───── INPUT DATA ─────

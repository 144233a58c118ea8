ghost use Rattle.std.specs.Prelude.{◌≡◌, [], IfOk};

use label_set::Items;
use std::alloc::{AllocError, Global};
use step_table::StepCells;
use ticks::Ms;

/// The steps of one delivery, in the order of their instants.
#[derive(Debug, Drop, PartialEq, Eq)]
pub struct Frame {
    pub steps: Items<StepCells>,
}

impl Frame {
    /// A frame without steps. It takes no memory.
    pub fn new(alloc: Global) -> Frame
        ensures { result.steps ≡ [] }
    {
        Frame {
            steps: Items::new(alloc),
        }
    }

    /// An equal value, on the allocators of this one. The only error is want of memory.
    pub fn copy(&self) -> Result<Frame, AllocError>
        ensures { IfOk result (λ f. f ≡ self.now) }
    {
        Ok(Frame {
            steps: self.steps.copy()?,
        })
    }
}

impl Clone for Frame {
    ghost is_clone = { λ s t. t ≡ s };

    fn clone(&self) -> Result<Frame, AllocError> {
        self.copy()
    }
}

/// Why a delivery isn't what was asked for, with instants in milliseconds.
#[derive(Clone, Copy, Debug, PartialEq, Eq)]
pub enum Stray {
    /// At the instant that was to come stands another step, or none; where none was to come, one stands.
    OutOfStep {
        expected: Option<Ms>,
        got: Option<Ms>,
    },
    /// The step at this instant has a cell of another kind, or labels that stand twice.
    WrongCell {
        at: Ms,
    },
}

─────

= WHAT YOU NEED TO DO =
Say how many lines in the data include the string "PartialEq", giving the number alone.

= RESULT OF THE TASK =
2